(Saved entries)
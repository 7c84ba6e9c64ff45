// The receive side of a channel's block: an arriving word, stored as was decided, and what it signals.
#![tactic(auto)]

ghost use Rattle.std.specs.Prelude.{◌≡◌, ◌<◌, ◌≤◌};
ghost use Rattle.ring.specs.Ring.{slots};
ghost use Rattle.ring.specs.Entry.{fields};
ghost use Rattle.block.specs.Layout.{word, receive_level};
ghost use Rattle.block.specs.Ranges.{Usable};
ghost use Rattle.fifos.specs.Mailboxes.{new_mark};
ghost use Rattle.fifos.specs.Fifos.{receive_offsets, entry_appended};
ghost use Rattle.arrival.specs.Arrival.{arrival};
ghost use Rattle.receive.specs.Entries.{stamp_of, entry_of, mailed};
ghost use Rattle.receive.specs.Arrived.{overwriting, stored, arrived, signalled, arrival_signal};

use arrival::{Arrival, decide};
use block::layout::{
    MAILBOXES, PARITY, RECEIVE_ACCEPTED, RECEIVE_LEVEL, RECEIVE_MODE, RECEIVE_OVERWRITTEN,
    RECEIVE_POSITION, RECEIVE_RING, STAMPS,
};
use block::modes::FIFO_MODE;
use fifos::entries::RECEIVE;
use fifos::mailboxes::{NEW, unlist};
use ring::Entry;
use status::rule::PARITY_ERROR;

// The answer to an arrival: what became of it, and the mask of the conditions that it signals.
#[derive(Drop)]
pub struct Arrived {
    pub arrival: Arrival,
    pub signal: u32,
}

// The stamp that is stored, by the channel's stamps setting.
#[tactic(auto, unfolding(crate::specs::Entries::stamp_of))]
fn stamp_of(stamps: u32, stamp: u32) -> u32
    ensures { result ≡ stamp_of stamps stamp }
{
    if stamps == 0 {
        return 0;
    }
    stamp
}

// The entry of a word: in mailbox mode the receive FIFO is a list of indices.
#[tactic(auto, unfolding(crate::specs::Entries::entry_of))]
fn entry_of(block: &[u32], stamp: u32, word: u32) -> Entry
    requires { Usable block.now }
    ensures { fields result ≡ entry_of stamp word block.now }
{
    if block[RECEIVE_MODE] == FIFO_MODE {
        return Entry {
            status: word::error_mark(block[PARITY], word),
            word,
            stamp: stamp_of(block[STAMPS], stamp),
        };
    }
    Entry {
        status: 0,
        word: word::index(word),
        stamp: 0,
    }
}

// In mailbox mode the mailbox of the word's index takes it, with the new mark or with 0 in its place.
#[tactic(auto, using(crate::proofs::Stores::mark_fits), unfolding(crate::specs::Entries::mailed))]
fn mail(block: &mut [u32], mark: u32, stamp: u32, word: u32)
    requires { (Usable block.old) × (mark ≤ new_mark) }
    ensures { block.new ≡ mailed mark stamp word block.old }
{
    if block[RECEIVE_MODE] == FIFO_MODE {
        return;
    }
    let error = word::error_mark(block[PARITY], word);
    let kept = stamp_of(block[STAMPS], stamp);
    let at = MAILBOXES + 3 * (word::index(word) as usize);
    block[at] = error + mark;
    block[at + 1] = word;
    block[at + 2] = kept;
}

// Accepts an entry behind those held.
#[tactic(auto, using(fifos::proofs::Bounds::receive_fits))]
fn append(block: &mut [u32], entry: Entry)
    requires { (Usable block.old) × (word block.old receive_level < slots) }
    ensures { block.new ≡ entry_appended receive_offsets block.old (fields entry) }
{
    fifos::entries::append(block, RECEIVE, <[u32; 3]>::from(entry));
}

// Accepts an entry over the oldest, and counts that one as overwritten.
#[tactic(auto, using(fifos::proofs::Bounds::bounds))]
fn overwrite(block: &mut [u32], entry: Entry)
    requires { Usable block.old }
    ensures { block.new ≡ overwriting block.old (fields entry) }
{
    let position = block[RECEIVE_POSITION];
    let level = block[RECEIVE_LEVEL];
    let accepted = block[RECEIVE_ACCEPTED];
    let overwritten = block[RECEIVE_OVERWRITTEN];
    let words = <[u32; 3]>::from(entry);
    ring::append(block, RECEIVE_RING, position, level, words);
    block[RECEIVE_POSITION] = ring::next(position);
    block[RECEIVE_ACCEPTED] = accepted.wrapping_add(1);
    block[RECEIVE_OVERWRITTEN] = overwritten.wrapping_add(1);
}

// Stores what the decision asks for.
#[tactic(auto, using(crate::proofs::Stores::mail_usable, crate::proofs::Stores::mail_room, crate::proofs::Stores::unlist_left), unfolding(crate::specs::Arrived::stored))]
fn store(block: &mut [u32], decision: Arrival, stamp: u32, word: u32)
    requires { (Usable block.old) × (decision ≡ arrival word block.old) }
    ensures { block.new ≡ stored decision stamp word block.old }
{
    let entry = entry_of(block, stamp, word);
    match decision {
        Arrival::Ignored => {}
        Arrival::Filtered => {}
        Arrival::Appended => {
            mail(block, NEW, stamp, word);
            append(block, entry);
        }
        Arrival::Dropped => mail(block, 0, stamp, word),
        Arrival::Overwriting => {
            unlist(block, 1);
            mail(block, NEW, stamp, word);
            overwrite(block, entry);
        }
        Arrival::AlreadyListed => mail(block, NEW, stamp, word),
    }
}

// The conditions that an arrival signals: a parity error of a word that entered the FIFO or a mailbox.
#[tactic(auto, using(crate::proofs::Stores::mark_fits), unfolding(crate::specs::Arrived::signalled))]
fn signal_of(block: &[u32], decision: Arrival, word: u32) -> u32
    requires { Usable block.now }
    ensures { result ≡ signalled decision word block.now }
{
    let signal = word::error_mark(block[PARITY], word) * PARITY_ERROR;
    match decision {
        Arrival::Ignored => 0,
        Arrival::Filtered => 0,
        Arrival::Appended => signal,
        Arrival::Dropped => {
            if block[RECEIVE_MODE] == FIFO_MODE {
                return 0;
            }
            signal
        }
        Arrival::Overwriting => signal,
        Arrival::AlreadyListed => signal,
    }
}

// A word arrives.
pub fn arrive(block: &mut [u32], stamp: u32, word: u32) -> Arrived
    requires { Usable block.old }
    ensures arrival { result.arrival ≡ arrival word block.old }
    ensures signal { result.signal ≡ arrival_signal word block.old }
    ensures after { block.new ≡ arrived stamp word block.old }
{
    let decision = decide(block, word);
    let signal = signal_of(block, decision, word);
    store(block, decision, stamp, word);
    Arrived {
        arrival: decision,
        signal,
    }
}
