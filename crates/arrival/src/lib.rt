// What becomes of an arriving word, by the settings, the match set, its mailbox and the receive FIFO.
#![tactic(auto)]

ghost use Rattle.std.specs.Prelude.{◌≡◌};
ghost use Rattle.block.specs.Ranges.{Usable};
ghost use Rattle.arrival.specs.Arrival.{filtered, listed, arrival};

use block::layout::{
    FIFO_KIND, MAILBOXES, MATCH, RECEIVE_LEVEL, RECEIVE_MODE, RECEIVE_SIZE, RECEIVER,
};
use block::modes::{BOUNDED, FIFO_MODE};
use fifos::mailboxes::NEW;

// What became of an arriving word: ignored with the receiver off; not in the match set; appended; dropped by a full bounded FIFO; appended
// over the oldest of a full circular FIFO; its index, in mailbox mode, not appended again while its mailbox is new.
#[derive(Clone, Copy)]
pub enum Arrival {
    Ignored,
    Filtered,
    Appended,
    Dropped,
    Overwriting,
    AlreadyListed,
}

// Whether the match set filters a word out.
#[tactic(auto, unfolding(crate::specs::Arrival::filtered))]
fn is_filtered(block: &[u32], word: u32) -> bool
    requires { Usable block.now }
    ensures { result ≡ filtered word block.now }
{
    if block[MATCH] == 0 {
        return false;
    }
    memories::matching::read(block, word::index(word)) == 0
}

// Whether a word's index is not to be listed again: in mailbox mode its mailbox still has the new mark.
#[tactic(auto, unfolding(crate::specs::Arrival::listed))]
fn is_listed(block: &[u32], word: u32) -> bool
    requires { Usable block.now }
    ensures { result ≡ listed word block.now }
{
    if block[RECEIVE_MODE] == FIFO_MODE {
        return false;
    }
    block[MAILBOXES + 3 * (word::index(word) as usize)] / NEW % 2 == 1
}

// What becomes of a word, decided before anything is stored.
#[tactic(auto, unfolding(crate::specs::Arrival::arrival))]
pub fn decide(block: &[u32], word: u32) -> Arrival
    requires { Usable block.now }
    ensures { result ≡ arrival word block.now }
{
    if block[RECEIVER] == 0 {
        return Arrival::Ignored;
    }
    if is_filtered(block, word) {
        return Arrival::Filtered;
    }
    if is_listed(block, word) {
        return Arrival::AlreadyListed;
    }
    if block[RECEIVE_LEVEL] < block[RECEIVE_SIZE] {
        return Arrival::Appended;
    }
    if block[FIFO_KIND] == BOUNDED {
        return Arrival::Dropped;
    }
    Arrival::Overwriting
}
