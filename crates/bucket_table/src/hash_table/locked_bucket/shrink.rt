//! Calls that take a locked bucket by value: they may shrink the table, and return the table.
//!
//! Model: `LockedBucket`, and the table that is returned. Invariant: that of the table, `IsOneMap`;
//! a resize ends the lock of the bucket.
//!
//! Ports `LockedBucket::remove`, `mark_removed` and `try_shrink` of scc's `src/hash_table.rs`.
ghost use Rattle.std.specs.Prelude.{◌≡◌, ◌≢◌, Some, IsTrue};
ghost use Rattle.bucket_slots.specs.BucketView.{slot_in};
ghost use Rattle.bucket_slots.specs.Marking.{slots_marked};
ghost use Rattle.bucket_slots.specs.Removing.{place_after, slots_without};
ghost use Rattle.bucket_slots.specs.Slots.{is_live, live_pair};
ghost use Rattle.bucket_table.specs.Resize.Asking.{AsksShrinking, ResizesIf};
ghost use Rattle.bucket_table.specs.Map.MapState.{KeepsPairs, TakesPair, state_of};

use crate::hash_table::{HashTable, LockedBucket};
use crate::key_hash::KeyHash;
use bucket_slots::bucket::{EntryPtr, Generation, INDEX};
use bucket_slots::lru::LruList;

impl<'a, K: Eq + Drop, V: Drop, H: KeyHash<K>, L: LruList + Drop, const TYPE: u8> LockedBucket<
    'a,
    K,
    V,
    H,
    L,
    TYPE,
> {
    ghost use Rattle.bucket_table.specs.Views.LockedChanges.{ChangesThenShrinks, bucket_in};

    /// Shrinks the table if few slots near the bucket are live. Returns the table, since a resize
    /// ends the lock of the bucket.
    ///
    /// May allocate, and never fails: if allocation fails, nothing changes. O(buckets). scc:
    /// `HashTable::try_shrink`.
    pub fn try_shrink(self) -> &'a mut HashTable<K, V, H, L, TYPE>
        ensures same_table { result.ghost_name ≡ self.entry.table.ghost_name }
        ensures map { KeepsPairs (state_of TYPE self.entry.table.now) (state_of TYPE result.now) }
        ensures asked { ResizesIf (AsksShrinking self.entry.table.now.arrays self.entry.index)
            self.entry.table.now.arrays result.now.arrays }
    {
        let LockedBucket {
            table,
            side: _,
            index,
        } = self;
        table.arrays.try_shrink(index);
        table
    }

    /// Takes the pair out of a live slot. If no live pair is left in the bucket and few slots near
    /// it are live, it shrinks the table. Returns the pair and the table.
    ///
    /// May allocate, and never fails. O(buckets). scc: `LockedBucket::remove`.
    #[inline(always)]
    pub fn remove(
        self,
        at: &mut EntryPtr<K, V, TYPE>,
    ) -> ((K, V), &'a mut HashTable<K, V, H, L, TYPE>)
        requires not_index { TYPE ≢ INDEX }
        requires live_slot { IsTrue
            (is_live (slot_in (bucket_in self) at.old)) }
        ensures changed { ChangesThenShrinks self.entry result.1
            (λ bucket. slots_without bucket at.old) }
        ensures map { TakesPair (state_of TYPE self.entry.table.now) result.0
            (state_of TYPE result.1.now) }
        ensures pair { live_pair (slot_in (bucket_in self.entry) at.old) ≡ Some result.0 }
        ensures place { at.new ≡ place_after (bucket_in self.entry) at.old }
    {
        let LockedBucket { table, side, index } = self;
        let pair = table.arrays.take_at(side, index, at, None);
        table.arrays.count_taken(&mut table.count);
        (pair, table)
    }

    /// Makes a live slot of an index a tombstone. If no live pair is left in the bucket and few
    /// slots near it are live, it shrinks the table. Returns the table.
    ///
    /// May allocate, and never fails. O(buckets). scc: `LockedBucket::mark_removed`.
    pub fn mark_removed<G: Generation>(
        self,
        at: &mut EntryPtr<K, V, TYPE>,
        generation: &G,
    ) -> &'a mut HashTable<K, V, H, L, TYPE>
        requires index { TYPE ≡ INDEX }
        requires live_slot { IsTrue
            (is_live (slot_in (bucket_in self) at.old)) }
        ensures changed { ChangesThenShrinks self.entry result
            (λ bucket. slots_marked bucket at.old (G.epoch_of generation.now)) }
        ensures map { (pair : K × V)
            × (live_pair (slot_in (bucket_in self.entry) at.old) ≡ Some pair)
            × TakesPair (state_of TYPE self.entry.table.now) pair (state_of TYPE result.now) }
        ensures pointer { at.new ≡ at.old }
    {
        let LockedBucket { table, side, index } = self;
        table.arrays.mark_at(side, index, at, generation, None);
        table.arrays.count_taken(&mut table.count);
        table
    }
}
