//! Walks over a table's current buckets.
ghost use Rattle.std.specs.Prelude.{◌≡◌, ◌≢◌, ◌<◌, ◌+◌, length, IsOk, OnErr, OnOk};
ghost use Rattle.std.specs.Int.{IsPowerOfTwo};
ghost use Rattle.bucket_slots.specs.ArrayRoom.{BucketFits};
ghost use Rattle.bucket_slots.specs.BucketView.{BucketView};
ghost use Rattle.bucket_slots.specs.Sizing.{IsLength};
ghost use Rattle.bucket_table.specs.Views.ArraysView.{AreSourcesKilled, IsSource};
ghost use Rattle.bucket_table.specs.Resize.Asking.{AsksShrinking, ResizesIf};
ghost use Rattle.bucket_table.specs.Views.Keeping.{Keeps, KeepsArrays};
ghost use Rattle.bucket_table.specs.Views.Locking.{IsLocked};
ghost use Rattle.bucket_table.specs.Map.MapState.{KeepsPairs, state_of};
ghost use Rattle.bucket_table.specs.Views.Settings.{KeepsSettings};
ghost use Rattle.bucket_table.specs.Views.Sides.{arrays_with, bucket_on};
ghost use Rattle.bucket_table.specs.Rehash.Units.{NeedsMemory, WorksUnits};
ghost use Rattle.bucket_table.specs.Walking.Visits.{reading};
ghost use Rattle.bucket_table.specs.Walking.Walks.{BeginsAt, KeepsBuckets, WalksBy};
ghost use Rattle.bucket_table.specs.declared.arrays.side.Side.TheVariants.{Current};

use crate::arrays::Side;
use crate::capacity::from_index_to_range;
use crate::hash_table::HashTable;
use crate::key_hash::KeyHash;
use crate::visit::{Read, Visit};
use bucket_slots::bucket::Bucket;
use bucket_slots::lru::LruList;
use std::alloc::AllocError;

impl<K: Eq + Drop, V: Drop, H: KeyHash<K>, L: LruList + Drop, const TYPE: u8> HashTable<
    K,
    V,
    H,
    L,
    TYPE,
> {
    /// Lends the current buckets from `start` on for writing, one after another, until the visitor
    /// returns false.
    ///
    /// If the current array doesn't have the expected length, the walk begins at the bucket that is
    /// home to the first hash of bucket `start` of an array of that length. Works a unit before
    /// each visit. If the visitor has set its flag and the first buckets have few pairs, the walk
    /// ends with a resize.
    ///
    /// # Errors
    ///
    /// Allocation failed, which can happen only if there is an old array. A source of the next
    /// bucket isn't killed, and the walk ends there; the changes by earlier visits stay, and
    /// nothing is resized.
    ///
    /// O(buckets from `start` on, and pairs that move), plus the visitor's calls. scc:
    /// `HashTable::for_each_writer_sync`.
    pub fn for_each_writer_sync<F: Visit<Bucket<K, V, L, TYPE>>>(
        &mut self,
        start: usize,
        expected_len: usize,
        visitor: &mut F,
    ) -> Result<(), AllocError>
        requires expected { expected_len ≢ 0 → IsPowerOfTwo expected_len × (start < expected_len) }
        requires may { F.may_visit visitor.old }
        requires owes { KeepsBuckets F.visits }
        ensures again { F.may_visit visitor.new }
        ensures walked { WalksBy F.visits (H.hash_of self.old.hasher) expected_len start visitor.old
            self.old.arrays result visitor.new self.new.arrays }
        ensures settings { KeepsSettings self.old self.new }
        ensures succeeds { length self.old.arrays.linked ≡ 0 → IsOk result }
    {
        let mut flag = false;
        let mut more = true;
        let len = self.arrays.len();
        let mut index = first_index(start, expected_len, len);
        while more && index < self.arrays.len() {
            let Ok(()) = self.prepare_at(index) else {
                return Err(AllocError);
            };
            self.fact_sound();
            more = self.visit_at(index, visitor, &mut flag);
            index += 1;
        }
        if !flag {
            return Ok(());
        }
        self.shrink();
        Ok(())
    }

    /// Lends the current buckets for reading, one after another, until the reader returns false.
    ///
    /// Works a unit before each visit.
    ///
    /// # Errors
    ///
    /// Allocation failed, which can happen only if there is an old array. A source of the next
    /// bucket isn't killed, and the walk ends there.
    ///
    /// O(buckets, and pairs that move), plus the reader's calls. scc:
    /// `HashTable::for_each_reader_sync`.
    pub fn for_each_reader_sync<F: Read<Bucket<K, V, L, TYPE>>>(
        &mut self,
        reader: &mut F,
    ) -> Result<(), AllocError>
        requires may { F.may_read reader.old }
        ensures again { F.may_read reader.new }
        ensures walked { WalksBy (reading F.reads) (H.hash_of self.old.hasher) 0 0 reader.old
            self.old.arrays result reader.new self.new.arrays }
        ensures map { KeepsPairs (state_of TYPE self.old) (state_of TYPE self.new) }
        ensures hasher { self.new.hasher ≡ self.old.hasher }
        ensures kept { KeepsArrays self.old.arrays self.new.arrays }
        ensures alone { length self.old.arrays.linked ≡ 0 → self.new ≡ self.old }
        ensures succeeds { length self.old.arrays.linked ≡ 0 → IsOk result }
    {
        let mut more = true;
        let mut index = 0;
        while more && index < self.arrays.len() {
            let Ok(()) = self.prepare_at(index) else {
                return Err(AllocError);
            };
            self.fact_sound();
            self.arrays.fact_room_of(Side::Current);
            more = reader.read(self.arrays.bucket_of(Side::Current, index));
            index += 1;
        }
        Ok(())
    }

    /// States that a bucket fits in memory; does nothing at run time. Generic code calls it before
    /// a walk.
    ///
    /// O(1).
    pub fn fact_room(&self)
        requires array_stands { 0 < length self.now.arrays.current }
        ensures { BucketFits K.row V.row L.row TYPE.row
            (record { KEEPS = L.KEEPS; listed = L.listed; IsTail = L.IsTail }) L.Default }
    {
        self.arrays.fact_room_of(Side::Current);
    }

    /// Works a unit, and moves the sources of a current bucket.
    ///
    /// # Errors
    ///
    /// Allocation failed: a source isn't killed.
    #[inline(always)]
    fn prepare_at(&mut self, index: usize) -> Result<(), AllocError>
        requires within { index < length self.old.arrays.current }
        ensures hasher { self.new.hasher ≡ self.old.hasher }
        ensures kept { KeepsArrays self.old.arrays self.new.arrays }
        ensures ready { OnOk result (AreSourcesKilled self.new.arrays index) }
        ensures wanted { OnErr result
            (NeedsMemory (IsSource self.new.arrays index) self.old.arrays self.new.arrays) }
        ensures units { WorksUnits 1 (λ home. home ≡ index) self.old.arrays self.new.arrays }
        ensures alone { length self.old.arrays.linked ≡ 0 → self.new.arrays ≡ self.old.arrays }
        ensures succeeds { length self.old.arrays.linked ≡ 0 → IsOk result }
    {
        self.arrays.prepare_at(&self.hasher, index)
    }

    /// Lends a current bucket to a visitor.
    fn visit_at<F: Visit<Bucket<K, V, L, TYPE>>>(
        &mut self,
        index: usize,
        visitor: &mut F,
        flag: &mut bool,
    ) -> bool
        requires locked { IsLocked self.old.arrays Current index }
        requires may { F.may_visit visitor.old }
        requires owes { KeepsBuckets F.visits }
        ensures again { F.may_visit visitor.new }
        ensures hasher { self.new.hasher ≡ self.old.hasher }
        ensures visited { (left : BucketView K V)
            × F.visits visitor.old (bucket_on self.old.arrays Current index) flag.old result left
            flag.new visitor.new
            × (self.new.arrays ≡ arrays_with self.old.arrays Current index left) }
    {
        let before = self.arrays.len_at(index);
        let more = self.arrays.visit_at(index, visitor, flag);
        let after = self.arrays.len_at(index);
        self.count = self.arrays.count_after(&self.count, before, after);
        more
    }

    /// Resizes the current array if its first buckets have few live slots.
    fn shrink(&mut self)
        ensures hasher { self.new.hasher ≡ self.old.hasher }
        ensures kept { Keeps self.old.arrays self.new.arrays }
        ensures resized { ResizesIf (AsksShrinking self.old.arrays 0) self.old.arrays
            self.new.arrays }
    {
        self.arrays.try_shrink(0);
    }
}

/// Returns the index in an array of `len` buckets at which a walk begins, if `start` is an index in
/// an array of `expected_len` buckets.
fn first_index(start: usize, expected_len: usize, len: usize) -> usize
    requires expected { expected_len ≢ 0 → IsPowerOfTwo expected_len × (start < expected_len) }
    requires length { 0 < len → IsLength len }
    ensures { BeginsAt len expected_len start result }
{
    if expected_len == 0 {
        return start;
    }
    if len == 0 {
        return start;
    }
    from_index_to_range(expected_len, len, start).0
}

Task objective:
Within the entries above, how many lines contain "IsPowerOfTwo"? Respond with the number only.

Task solution:
3